Just curious. I'm losing the bmw in 2006 and this truck actually caught my eye. Leaning more toward a used titan though.


----------



## The Roadstergal (Sep 7, 2002)

blueguydotcom said:


> Does the average person often tow more than 5000 lbs? or carry more than 1000 lbs in the bed?


The average person I see on the highway with the capacity for doing either is doing neither. :eeps:

I have to say, the Scoobie Baja caught my eye for if I ever need a hauler of crap sometime off in the future; car-level mileage and emissions, short-bed pickup. I don't think I'll ever need to tow 5000 lbs...


----------



## elbert (Mar 28, 2002)

blueguydotcom said:


> Does the average person often tow more than 5000 lbs? or carry more than 1000 lbs in the bed?
> 
> Just curious. I'm losing the bmw in 2006 and this truck actually caught my eye. Leaning more toward a used titan though.


Unless you need an open bed for hauling mulch or motorcycles, I think a Pilot would be a better choice over the Ridgeline.

If I needed a pick'emup truck, I'd get the Titan.


----------



## HW (Dec 24, 2001)

blueguydotcom said:


> Does the average person often tow more than 5000 lbs? or carry more than 1000 lbs in the bed?
> 
> Just curious. I'm losing the bmw in 2006 and this truck actually caught my eye. Leaning more toward a used titan though.


how much does a trailer home weigh? :dunno: also several of the big PU residents on this forum claims that they do use the towing capacity of such a vehicle.


----------



## BlackChrome (Nov 16, 2003)

5000 lbs should be good enough to tow a e46 m3 + trailer?


----------



## brkf (May 26, 2003)

elbert said:


> Unless you need an open bed for hauling mulch or motorcycles, I think a Pilot would be a better choice over the Ridgeline.
> 
> If I needed a pick'emup truck, I'd get the Titan.

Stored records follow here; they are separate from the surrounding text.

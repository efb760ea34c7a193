//! How a half chooses its head's framing, once the head may go, and goes on.

ghost use Rattle.std.specs.Prelude.{◌≡◌};
ghost use Rattle.http_model.specs.declared.types.Direction.{Direction};
ghost use Rattle.filter_model.specs.Config.{CourseConfig};
ghost use Rattle.filter_model.specs.Course.{framing_by, is_bare, asked, committed};
ghost use Rattle.filter_model.specs.Half.{Progress};
ghost use Rattle.half_machine.specs.Asking.{Tied};
ghost use Rattle.half_machine.specs.Choosing.{may_go, kept_framing_in, framing_in, chosen_in, Holds};

use crate::due::is_no_ask;
use crate::facts::{is_bodiless, is_buffered, is_settled, mode_of};
use crate::half::Half;
use http_model::{Direction, Framing, Length};

// A response that can have no body.
pub(crate) fn is_bare(direction: Direction, length: Length) -> bool
    ensures { result ≡ is_bare direction length }
{
    match (direction, length) {
        (Direction::Response, Length::NoBody) => true,
        _ => false,
    }
}

// Of a body that nothing can change any more the length stays.
fn framing_by(length: Length, unchanged: bool) -> Framing
    ensures { result ≡ framing_by length unchanged }
{
    match length {
        Length::NoBody => Framing::NoField,
        Length::Known(n) if unchanged => Framing::Length(n),
        Length::Known(_) | Length::Chunked | Length::Close => Framing::Chunked,
    }
}

impl Half {
    fn may_go(&self) -> bool
        ensures { result ≡ may_go self.now }
    {
        self.rule.released
            || (is_settled(&self.arrived, &self.rule)
                && (!is_buffered(mode_of(&self.rule))
                    || is_bodiless(self.arrived.framed)
                    || self.rule.body_answered))
    }

    // Of a message whose body isn't replaced. A body that was asked whole, and has no trailers, has its length.
    fn kept_framing(&self) -> Framing
        ensures { result ≡ kept_framing_in self.now }
    {
        if is_buffered(self.rule.modes.body) && self.rule.body_answered && !self.arrived.trailers {
            return Framing::Length(u64::from(self.counts.pieces));
        }
        let unchanged = is_no_ask(mode_of(&self.rule)) || is_bodiless(self.arrived.framed);
        framing_by(self.arrived.framed, unchanged)
    }

    fn framing(&self) -> Framing
        ensures { result ≡ framing_in self.now }
    {
        if is_bare(self.direction, self.arrived.framed) {
            return self.arrived.own;
        }
        if self.rule.replaced {
            return Framing::Length(u64::from(self.hold.out_len()));
        }
        self.kept_framing()
    }

    // The framing is chosen at the first moment at which the head can go.
    fn choose_head(&mut self)
        ensures { self.new ≡ chosen_in self.old }
    {
        if self.gone.framing.is_none() && self.may_go() && self.arrived.head {
            self.gone.framing = Some(self.framing());
        }
    }

    /// What follows each call: the head is chosen where it can go, and asks that are due are made where they are
    /// permitted. Each leaves one more out or not sent, so four turns do.
    pub(crate) fn go_on(&mut self)
        requires { Tied self.old }
        ensures { (c : CourseConfig) (d : Direction) (p : Progress) → Holds c d p self.old →
            Holds c d (record p { course = asked c d (committed c d p.course) }) self.new }
    {
        self.choose_head();
        self.ask_one();
        self.ask_one();
        self.ask_one();
        self.ask_one();
    }
}
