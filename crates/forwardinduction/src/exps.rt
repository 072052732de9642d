// The exps of a layer, 64 nodes at a time, so that they are worked out side by side.

ghost use Rattle.std.specs.Prelude.{◌≡◌, ◌*◌, ◌+◌, ◌<◌, ◌≤◌, min, length, Float};
ghost use Rattle.elementary.specs.Exponential.{ExpRow};
ghost use Rattle.elementary.specs.laws.Rows.{Filled};
ghost use Rattle.forwardinduction.specs.laws.Exps.{Kept, Ready, argument_of, rate_argument, weight_argument};

use elementary::exps::exp_row;

// How many of the nodes that are left a part takes.
fn part_of(left: usize) -> usize
    ensures { result ≡ min left 64 }
{
    left.min(64)
}

// exp of each number of a part, where it says true.
fn part_exps(xs: &[f64], es: &mut [f64]) -> bool
    requires { (length es.old ≡ length xs.now) × (length xs.now ≤ 64) }
    ensures { ExpRow result xs.now es.new }
{
    let n = xs.len();
    let mut ks = [0.0; 64];
    let mut rs = [0.0; 64];
    exp_row(xs, es, &mut ks[..n], &mut rs[..n])
}

// What is worked out of the number of each of the n nodes from `first` on.
pub fn arguments<F: Fn(f64) -> f64>(
    nodes: &[i32],
    first: usize,
    n: usize,
    argument: F,
    xs: &mut [f64],
)
    requires room { (n ≤ length xs.old) × ((first + n) * 2 ≤ length nodes.now) }
    requires callable { F.IsAlwaysCallable argument }
    ensures { (f : Float → Float) → ((x r : Float) → F.post argument x r → r ≡ f x) → Filled (argument_of f nodes.now first) xs.old xs.new n }
{
    for k in 0..n {
        let node = nodes[(first + k) * 2];
        xs[k] = argument(node as f64);
    }
}

// Where a part begins at node i, the exps of its nodes' arguments; elsewhere nothing changes. Up to three nodes are faster one by one.
fn exps<F: Fn(f64) -> f64>(
    nodes: &[i32],
    count: usize,
    i: usize,
    good: bool,
    argument: F,
    es: &mut [f64],
) -> bool
    requires room { (length nodes.now ≡ count * 2) × (i < count) × (length es.old ≡ 64) }
    requires callable { F.IsAlwaysCallable argument }
    ensures { (f : Float → Float) → ((x r : Float) → F.post argument x r → r ≡ f x) → Kept f nodes.now count good i es.old → Ready f nodes.now count result i es.new }
{
    if i % 64 != 0 {
        return good;
    }
    let n = part_of(count - i);
    if n < 4 {
        return false;
    }
    let mut xs = [0.0; 64];
    arguments(nodes, i, n, argument, &mut xs);
    part_exps(&xs[..n], &mut es[..n])
}

// The exps of the weights: of spacing × (−node × time_step).
pub(crate) fn weights(
    nodes: &[i32],
    count: usize,
    i: usize,
    good: bool,
    spacing: f64,
    dt: f64,
    es: &mut [f64],
) -> bool
    requires { (length nodes.now ≡ count * 2) × (i < count) × Kept (weight_argument spacing dt) nodes.now count good i es.old }
    ensures { Ready (weight_argument spacing dt) nodes.now count result i es.new }
{
    exps(nodes, count, i, good, |node| spacing * (-node * dt), es)
}

// The exps of the rates: of (shift + spacing × node) × −time_step.
pub(crate) fn discounts(
    nodes: &[i32],
    count: usize,
    i: usize,
    good: bool,
    spacing: f64,
    dt: f64,
    shift: f64,
    es: &mut [f64],
) -> bool
    requires { (length nodes.now ≡ count * 2) × (i < count) × Kept (rate_argument spacing dt shift) nodes.now count good i es.old }
    ensures { Ready (rate_argument spacing dt shift) nodes.now count result i es.new }
{
    exps(
        nodes,
        count,
        i,
        good,
        |node| (shift + spacing * node) * -dt,
        es,
    )
}
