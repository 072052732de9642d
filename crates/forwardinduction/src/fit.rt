// Fitting the tree to the curve, one layer: the weighted sum of state prices, the shift, and the state prices of the next layer.

ghost use Rattle.std.specs.Prelude.{◌≡◌, true, ◌*◌, ◌+◌, ◌^◌, ◌<◌, ◌≤◌, length, Ok};
ghost use Rattle.floats.specs.Answers.{plus_zero, outcome_of};
ghost use Rattle.elementary.specs.Exponential.{exp_at};
ghost use Rattle.forwardinduction.specs.Fit.{weighted};
ghost use Rattle.lattice.specs.laws.Stored.{numbers_in, row_of};
ghost use Rattle.lattice.specs.laws.Positions.{spot_at, past, start_of, Layered};
ghost use Rattle.forwardinduction.specs.laws.Exps.{rate_argument, weight_argument};
ghost use Rattle.forwardinduction.specs.laws.FitSteps.{weigh_one, shift_from, discounted_of, add_at, share_at, add_three, onward_at};

use crate::exps::{discounts, weights};
use elementary::exp::exp_at;
use elementary::ln::ln_at;
use floats::finite::tested;
use floats::{Reason, Refusal};
use lattice::reach::{nothing_below, reached};

// One more price in the sum: price × exp(spacing × (−node × time_step)), added. Where `known` says so, e is the exp:
// the flag is its part's, and an Option for each node would be made of it and at once taken apart.
fn weigh(
    known: bool,
    e: f64,
    total: f64,
    node: f64,
    price: f64,
    spacing: f64,
    dt: f64,
    place: u32,
) -> Result<f64, Refusal>
    requires { known ≡ true → exp_at (weight_argument spacing dt node) place ≡ Ok e }
    ensures { result ≡ weigh_one spacing dt place node price total }
{
    if known {
        return tested(total + price * e, place);
    }
    let discount = exp_at(spacing * (-node * dt), place)?;
    tested(total + price * discount, place)
}

// The weighted sum of a layer's state prices, nodes rising.
pub fn weighted_sum(
    nodes: &[i32],
    row: &[f64],
    spacing: f64,
    dt: f64,
    place: u32,
) -> Result<f64, Refusal>
    requires { length nodes.now ≡ length row.now * 2 }
    ensures { result ≡ weighted spacing dt place (row_of (numbers_in nodes.now) row.now) plus_zero }
{
    let mut es = [0.0; 64];
    let mut good = false;
    let mut total = 0.0;
    for i in 0..row.len() {
        good = weights(nodes, row.len(), i, good, spacing, dt, &mut es);
        let node = nodes[i * 2];
        let e = es[i % 64];
        total = weigh(good, e, total, node as f64, row[i], spacing, dt, place)?;
    }
    Ok(total)
}

// The shift from the sum and the curve's factor: ln(sum/factor)/time_step.
#[tactic(auto, unfolding(floats::specs::Answers::on_outcome, crate::specs::laws::FitSteps::shift_from))]
pub fn shift_from(sum: f64, factor: f64, dt: f64, place: u32) -> Result<f64, Refusal>
    ensures { result ≡ shift_from dt place sum factor }
{
    if factor <= 0.0 {
        return Err(Refusal {
            reason: Reason::Factor,
            place,
        });
    }
    let quotient = tested(sum / factor, place)?;
    let log = ln_at(quotient, place)?;
    tested(log / dt, place)
}

// Apart from `weigh`: the argument of the exp, what it multiplies and what is added differ, and one function would take all three.
// A node's state price discounted over the step: exp((shift + spacing × node) × −time_step) × price. Where `known` says so, e is the exp.
fn discounted(
    known: bool,
    e: f64,
    node: f64,
    price: f64,
    spacing: f64,
    dt: f64,
    shift: f64,
    place: u32,
) -> Result<f64, Refusal>
    requires { known ≡ true → exp_at (rate_argument spacing dt shift node) place ≡ Ok e }
    ensures { result ≡ discounted_of spacing dt shift place node price }
{
    if known {
        return tested(price * e, place);
    }
    let discount = exp_at((shift + spacing * node) * -dt, place)?;
    tested(price * discount, place)
}

// The position of a destination, `back` before the count that is reached.
pub fn spot(flat: bool, count: usize, back: usize) -> usize
    requires { back ≤ count }
    ensures { result ≡ spot_at flat count back }
{
    if flat { 0 } else { count - back }
}

// How many are reached once a position was written.
fn passed(count: usize, at: usize) -> usize
    requires { at + 1 < 2 ^ 64 }
    ensures { result ≡ past count at }
{
    count.max(at + 1)
}

// A contribution is stored as it is at a position that is not reached, else added to what is there.
#[tactic(auto, unfolding(floats::specs::Answers::on_outcome, crate::specs::laws::FitSteps::add_at, floats::specs::Answers::outcome_of))]
fn add_at(next: &mut [f64], at: usize, count: usize, x: f64, place: u32) -> Result<(), Refusal>
    requires { at < length next.old }
    ensures { outcome_of result next.new ≡ add_at place at count x next.old }
{
    if at < count {
        next[at] = tested(next[at] + x, place)?;
    } else {
        next[at] = x;
    }
    Ok(())
}

// The discounted price × probability, contributed.
#[tactic(auto, unfolding(floats::specs::Answers::on_outcome, crate::specs::laws::FitSteps::share_at, floats::specs::Answers::outcome_of))]
fn add_share(
    next: &mut [f64],
    at: usize,
    count: usize,
    price: f64,
    probability: f64,
    place: u32,
) -> Result<(), Refusal>
    requires { at < length next.old }
    ensures { outcome_of result next.new ≡ share_at place at count price probability next.old }
{
    let x = tested(price * probability, place)?;
    add_at(next, at, count, x, place)
}

// Down, middle, up: a node's three contributions. `before` and `after` count what is reached without the node and with it.
// The numbers are one node's, taken from the slices as they are read; nobody else has them together.
#[tactic(auto, unfolding(floats::specs::Answers::on_outcome, crate::specs::laws::FitSteps::add_three, floats::specs::Answers::outcome_of))]
fn add_three(
    next: &mut [f64],
    flat: bool,
    before: usize,
    after: usize,
    price: f64,
    down: f64,
    middle: f64,
    up: f64,
    place: u32,
) -> Result<(), Refusal>
    requires { (3 ≤ after) × (spot_at flat after 1 < length next.old) }
    ensures { outcome_of result next.new ≡ add_three place flat before after price down middle up next.old }
{
    let low = spot(flat, after, 3);
    let mid = spot(flat, after, 2);
    let high = spot(flat, after, 1);
    let first = passed(before, low);
    let second = passed(first, mid);
    add_share(next, low, before, price, down, place)?;
    add_share(next, mid, first, price, middle, place)?;
    add_share(next, high, second, price, up, place)
}

// A layer's contributions to the next row, nodes rising. The next row is lent, and what is read of a layer stays slices, as in `advance`.
pub fn onward(
    nodes: &[i32],
    probabilities: &[f64],
    row: &[f64],
    next: &mut [f64],
    flat: bool,
    spacing: f64,
    dt: f64,
    shift: f64,
    place: u32,
) -> Result<(), Refusal>
    requires { Layered flat (length next.old) nodes.now probabilities.now (length row.now) }
    ensures { outcome_of result next.new ≡ onward_at spacing dt shift place flat (start_of nodes.now) nodes.now probabilities.now row.now next.old }
{
    let mut es = [0.0; 64];
    let mut good = false;
    let mut r = nothing_below(nodes[1]);
    for i in 0..row.len() {
        good = discounts(nodes, row.len(), i, good, spacing, dt, shift, &mut es);
        let node = nodes[i * 2];
        let middle = nodes[i * 2 + 1];
        let e = es[i % 64];
        let price = discounted(good, e, node as f64, row[i], spacing, dt, shift, place)?;
        let after = reached(r, middle);
        let before = r.count;
        let count = after.count;
        add_three(
            next,
            flat,
            before,
            count,
            price,
            probabilities[i * 3],
            probabilities[i * 3 + 1],
            probabilities[i * 3 + 2],
            place,
        )?;
        r = after;
    }
    Ok(())
}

Yeah the need to tow dirty junk - bark, sod, trees, etc is exactly why this caught my eye. When i'm doing serious yard work at my home or a rental property i'm sick of borrowing vehicles or renting something to tow. i'd rather pick up an extra truck that has more utilitarian abilities (unlike suvs which have zero utility in my eyes..just station wagons).

My guess is this ridgeline will drive nicer and probably get better mileage than a titan. we'll see. of course the titan has that sweet v8 and looks killer.


----------



## LeucX3 (Dec 26, 2001)

Nice Honda Avalanche.


----------



## brkf (May 26, 2003)

LeucX3 said:


> Nice Honda Avalanche.


It does resemble the avalanche but without all the plastic pontiac-esque cladding.


----------



## Kaz (Dec 21, 2001)

I wanna see what my friends at Honda think. But I think this thing will have a pretty limited market. How many people really are trying to decide between a Pilot and a Tacoma Double Cab, and want something exactly halfway in between?


----------



## BlackChrome (Nov 16, 2003)

Kaz said:


> I wanna see what my friends at Honda think. But I think this thing will have a pretty limited market. How many people really are trying to decide between a Pilot and a Tacoma Double Cab, and want something exactly halfway in between?


I read that Honda only plans to sell 50,000 a year. That's roughly less than what e46 sells for a year.


----------



## Kaz (Dec 21, 2001)

BlackChrome said:


> I read that Honda only plans to sell 50,000 a year. That's roughly less than what e46 sells for a year.


50k is pretty ambitious, IMO.


----------



## cwsqbm (Aug 4, 2004)

blueguydotcom said:


> Does the average person often tow more than 5000 lbs? or carry more than 1000 lbs in the bed?
> 
> Just curious. I'm losing the bmw in 2006 and this truck actually caught my eye. Leaning more toward a used titan though.


Depends. Will you use it as a truck, or a glorifed car. What do you plan to tow? An open car transporter weighs close to 2000 lbs before the car is on it. Most travel trailers easily surpase 5000 lbs.

As far as a 1000 lbs in the bed, I wouldn't worry about it with that joke of a bed. How do you fit 4x8 sheets in such a short bed? At least with my 6.5' bed, it doesn't go past the down tailgate. Also, 1000lbs is easier to pass than you think with things such as books or recycled paper or bags of concrete. Don't forget passengers reduce the load carrying ability too.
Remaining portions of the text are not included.